There’s an interesting pragmatics thing going on in the official statement ex-first lady Melania Trump put out after her husband was grazed by a sniper’s bullet. (The full statement is here if you care; it’s not very interesting overall.) However I was drawn to an interesting violation of presupposition in the document:
A monster who recognized my husband as an inhuman political machine attempted to ring out Donald’s passion – his laughter, ingenuity, love of music, and inspiration.

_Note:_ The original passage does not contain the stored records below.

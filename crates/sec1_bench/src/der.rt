//! Parts of DER: headers, trees, identifiers, and documents from streams.
ghost use Rattle.std.specs.Prelude.{◌<◌, false, length, IfOk, OnOk};

use crate::length_and_last;
use sec1::der::{
    Header, IoFault, ObjectIdentifier, Read, Result, SecretDocument, SliceReader, check_tree,
};
use std::alloc::Global;
use std::str::from_utf8;

/// Returns the header at the beginning of the bytes and the bytes after it, as a call that isn't
/// inlined does.
#[inline(never)]
fn header(bytes: &[u8]) -> Result<(Header, &[u8])>
    ensures { IfOk result (λ x. length x.1.now < length bytes.now) }
{
    let mut reader = SliceReader::new(bytes);
    let header = Header::decode(&mut reader)?;
    Ok((header, reader.remaining_input()))
}

/// Reads a header from a reader in memory, as a call that isn't inlined does.
#[inline(never)]
fn header_of(reader: &mut SliceReader) -> Result<Header>
    ensures { OnOk result (length reader.new.unread < length reader.old.unread) }
{
    Header::decode(reader)
}

/// Returns an identifier, as a call that isn't inlined does.
#[inline(never)]
fn identifier(content: &[u8]) -> Result<ObjectIdentifier> {
    ObjectIdentifier::from_bytes(content)
}

/// Reads headers, one after the other, to the end. Returns the sum of the lengths that they
/// announce.
#[unsafe(no_mangle)]
pub extern "C" fn bench_headers_read(input: &[u8]) -> usize {
    let mut rest = input;
    let mut sum: usize = 0;
    while let Ok((header, after)) = header(rest) {
        sum = sum.wrapping_add(header.length.get());
        rest = after;
    }
    sum
}

/// Reads headers as [`bench_headers_read`] does, by calls that move one reader.
#[unsafe(no_mangle)]
pub extern "C" fn bench_headers_read_by_reader(input: &[u8]) -> usize {
    let mut reader = SliceReader::new(input);
    let mut sum: usize = 0;
    while let Ok(header) = header_of(&mut reader) {
        sum = sum.wrapping_add(header.length.get());
    }
    sum
}

/// Reads headers as [`bench_headers_read`] does, by calls that may be inlined.
#[unsafe(no_mangle)]
pub extern "C" fn bench_headers_read_inline(input: &[u8]) -> usize {
    let mut reader = SliceReader::new(input);
    let mut sum: usize = 0;
    while let Ok(header) = Header::decode(&mut reader) {
        sum = sum.wrapping_add(header.length.get());
    }
    sum
}

/// Checks that the input is one tree. Returns the number of its elements.
#[unsafe(no_mangle)]
pub extern "C" fn bench_tree_check(input: &[u8]) -> usize {
    check_tree(input).unwrap_or(0)
}

/// Reads an identifier's content. Returns its length and last byte, added up.
#[unsafe(no_mangle)]
pub extern "C" fn bench_identifier_read(input: &[u8]) -> usize {
    match identifier(input) {
        Ok(identifier) => length_and_last(identifier.as_bytes()),
        Err(_) => 0,
    }
}

/// Reads an identifier's content as [`bench_identifier_read`] does, by a call that may be inlined.
#[unsafe(no_mangle)]
pub extern "C" fn bench_identifier_read_inline(input: &[u8]) -> usize {
    match ObjectIdentifier::from_bytes(input) {
        Ok(identifier) => length_and_last(identifier.as_bytes()),
        Err(_) => 0,
    }
}

/// Reads an identifier's dotted text. Returns the length of its content and the last byte, added
/// up.
#[unsafe(no_mangle)]
pub extern "C" fn bench_identifier_parse(input: &[u8]) -> usize {
    let Ok(text) = from_utf8(input) else {
        return 0;
    };
    match ObjectIdentifier::new(text) {
        Ok(identifier) => length_and_last(identifier.as_bytes()),
        Err(_) => 0,
    }
}

/// Makes the dotted text of an identifier with this content. Returns its length.
#[unsafe(no_mangle)]
pub extern "C" fn bench_identifier_text(alloc: Global, input: &[u8]) -> usize {
    match ObjectIdentifier::from_bytes(input) {
        Ok(identifier) => match format!(in alloc; "{identifier}") {
            Ok(text) => text.len(),
            Err(_) => 0,
        },
        Err(_) => 0,
    }
}

/// A reader that gives as many of its bytes as are asked for.
#[derive(Drop)]
struct Whole<'a> {
    rest: &'a [u8],
}

impl Read for Whole<'_> {
    ghost failed = { λ _. false };

    fn read(&mut self, buf: &mut [u8]) -> std::result::Result<usize, IoFault> {
        let count = self.rest.len().min(buf.len());
        let (front, rest) = self.rest.split_at(count);
        buf[..count].copy_from_slice(front);
        self.rest = rest;
        Ok(count)
    }

    fn has_failed(&self) -> bool {
        false
    }
}

/// A reader that gives one byte a call.
#[derive(Drop)]
struct Single<'a> {
    rest: &'a [u8],
}

impl Read for Single<'_> {
    ghost failed = { λ _. false };

    fn read(&mut self, buf: &mut [u8]) -> std::result::Result<usize, IoFault> {
        let Some((first, rest)) = self.rest.split_first() else {
            return Ok(0);
        };
        if buf.is_empty() {
            return Ok(0);
        }
        buf[0] = *first;
        self.rest = rest;
        Ok(1)
    }

    fn has_failed(&self) -> bool {
        false
    }
}

/// Reads a document from a reader that gives all that is asked for. Returns its length.
#[unsafe(no_mangle)]
pub extern "C" fn bench_document_read(alloc: Global, input: &[u8]) -> usize {
    match SecretDocument::read_der_from(alloc, &mut Whole { rest: input }) {
        Ok(document) => document.len(),
        Err(_) => 0,
    }
}

/// Reads a document from a reader that gives one byte a call. Returns its length.
#[unsafe(no_mangle)]
pub extern "C" fn bench_document_read_bytes(alloc: Global, input: &[u8]) -> usize {
    match SecretDocument::read_der_from(alloc, &mut Single { rest: input }) {
        Ok(document) => document.len(),
        Err(_) => 0,
    }
}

A few things are going on here; let me put aside the awkward non-parallelism of laughter vs. love of music vs. ingenuity and inspiration and note that the verb she wants in the embedded clause is wring out (figuratively, to extract by means of forceful action) not ring out. But the more interesting one is the use of recognized. To say that the shooter recognized Donald Trump as an inhuman machine presupposes that the speaker agrees with this assessment; or perhaps more generally that it is in the common ground that Donald Trump is an inhuman machine, at least in my idiolect. There is nothing in the text or subtext of the statement suggesting she views her husband as a monster, despite the long and tedious tradition of trying to “read resistance” into the wives of right-wing American politicians. For me verbs like misconstrued or mistook presupposes the opposite, that the speaker and/or common ground disagrees with this assessment, and that’s what I suppose Mrs. Trump meant to say here. I don’t blame Mrs. Trump for this; English is not her first language, though she speaks it quite well. But she’s famous and rich enough that she ought to employ a PR professional or lawyer to proof-read public statements like I’m sure Mrs. Obama or Mrs. Bush do.
I can get what she meant based on my own native language, which would allow a neutral reading (i.e. the shooter looked at her husband and recognized a target). Maybe the English analogue would be “identified”, or at least “viewed”.
Yeah those are both free of the presupposition for me.